___ Material for the task

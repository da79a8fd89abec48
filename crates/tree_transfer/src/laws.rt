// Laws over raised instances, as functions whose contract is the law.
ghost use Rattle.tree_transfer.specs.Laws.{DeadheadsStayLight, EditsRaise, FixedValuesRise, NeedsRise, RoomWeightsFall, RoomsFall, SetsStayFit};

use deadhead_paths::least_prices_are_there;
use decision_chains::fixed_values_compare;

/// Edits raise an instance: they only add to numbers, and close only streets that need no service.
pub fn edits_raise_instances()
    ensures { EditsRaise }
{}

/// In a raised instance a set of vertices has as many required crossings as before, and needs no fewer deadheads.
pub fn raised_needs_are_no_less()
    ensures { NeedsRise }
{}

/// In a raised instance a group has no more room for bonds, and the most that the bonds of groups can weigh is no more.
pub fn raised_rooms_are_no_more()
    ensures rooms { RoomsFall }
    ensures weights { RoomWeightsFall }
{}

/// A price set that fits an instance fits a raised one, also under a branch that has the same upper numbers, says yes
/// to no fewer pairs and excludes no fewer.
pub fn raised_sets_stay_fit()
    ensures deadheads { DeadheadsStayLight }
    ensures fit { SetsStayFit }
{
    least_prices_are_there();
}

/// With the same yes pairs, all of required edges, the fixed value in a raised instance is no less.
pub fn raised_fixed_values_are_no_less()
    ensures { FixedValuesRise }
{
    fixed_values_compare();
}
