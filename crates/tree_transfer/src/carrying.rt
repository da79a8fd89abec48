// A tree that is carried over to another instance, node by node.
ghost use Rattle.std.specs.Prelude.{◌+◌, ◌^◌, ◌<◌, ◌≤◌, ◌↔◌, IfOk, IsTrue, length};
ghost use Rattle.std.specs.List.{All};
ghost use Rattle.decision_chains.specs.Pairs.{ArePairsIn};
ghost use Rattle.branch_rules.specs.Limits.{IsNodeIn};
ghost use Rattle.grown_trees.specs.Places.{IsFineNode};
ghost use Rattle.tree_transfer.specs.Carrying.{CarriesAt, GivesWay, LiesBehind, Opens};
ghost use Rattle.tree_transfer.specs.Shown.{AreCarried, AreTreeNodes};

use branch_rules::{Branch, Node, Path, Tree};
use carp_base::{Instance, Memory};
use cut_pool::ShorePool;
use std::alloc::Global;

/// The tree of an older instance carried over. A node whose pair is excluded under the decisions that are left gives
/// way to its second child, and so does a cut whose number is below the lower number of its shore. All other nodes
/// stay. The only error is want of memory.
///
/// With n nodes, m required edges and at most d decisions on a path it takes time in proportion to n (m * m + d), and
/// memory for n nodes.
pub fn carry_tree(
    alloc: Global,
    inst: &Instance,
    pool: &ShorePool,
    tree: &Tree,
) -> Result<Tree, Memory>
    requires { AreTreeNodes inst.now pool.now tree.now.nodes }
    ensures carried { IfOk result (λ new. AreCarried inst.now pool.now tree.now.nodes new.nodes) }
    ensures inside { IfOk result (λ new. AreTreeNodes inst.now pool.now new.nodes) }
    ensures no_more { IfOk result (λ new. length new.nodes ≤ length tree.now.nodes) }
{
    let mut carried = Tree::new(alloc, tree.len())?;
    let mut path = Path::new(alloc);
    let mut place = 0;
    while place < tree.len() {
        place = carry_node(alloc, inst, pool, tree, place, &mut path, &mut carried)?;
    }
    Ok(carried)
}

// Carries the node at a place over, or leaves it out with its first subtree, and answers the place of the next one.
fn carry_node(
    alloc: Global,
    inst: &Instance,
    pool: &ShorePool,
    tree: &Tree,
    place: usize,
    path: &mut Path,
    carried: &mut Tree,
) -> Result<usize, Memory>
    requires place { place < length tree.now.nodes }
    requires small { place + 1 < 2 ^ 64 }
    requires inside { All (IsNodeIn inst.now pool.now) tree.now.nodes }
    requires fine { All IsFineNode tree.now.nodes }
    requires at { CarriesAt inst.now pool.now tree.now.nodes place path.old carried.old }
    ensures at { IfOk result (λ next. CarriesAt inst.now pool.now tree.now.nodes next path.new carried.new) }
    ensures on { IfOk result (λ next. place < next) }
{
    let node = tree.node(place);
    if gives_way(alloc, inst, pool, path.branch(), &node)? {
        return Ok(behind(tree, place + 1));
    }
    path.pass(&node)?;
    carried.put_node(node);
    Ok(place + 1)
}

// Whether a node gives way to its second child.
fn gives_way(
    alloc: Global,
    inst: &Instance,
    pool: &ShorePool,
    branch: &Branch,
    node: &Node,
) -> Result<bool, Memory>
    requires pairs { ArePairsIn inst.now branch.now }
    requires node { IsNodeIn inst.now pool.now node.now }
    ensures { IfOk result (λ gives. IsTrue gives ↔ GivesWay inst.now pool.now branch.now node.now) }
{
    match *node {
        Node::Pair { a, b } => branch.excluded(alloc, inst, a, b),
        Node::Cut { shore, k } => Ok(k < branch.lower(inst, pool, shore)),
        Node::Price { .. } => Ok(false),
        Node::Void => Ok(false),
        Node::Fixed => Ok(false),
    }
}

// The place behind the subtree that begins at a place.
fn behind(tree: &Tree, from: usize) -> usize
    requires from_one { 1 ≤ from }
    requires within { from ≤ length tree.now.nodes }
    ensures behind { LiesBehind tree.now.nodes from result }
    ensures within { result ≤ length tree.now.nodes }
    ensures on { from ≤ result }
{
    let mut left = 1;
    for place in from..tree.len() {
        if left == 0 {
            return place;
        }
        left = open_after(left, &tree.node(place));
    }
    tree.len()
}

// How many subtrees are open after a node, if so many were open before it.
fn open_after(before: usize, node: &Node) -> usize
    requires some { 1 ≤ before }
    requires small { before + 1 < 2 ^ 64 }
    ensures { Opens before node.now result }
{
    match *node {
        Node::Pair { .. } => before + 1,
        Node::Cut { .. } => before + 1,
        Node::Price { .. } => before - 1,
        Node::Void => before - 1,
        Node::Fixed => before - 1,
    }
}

______
___ Material for the task

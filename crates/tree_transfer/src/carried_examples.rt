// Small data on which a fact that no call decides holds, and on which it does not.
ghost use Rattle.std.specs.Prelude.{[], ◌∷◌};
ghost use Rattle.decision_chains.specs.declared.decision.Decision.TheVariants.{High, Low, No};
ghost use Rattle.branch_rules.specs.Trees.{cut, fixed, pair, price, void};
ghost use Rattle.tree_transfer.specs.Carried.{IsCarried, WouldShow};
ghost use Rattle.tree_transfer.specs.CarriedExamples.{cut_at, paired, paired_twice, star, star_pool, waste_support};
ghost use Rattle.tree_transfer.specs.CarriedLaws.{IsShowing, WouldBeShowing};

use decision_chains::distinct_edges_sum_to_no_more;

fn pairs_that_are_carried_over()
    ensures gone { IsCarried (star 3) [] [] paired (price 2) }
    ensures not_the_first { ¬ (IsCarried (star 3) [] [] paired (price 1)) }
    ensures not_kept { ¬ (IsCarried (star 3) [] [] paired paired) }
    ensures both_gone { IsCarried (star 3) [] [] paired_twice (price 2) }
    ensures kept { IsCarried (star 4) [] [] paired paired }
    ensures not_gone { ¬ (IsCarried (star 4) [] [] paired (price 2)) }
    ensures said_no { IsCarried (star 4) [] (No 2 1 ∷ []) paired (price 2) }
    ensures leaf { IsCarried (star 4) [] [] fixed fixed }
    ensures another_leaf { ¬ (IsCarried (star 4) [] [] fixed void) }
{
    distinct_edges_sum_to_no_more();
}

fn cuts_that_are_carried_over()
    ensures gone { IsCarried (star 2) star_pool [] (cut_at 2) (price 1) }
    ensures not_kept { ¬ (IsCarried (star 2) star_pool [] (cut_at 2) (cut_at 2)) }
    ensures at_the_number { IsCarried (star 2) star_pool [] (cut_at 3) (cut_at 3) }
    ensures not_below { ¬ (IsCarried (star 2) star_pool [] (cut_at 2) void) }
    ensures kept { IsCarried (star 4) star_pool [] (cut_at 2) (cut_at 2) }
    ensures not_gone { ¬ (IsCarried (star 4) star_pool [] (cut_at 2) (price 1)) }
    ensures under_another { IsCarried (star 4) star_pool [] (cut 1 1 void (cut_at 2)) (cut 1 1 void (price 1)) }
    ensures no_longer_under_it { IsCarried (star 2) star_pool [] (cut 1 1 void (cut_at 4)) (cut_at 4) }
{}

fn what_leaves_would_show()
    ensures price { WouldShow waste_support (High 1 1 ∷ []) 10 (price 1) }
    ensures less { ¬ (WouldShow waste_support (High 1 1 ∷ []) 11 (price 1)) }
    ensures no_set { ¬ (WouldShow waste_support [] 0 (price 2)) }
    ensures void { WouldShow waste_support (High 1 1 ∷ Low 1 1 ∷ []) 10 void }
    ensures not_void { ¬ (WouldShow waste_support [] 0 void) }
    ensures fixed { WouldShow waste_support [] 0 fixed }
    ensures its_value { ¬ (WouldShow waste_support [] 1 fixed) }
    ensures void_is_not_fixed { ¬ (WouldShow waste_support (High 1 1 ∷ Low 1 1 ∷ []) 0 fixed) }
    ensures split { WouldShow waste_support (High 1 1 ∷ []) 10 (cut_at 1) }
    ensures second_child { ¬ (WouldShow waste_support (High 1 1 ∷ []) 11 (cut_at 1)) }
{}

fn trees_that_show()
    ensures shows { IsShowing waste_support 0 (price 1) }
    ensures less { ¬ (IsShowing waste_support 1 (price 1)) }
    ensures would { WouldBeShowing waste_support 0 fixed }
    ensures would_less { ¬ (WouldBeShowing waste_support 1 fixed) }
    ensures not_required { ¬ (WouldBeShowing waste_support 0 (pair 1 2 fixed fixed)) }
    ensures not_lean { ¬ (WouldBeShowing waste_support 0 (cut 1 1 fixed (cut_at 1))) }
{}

______

What you need to do ::
Wherever the string "ArePairsIn" shows up in a line above, tally that line, and answer with the final number alone.

Written response ::
2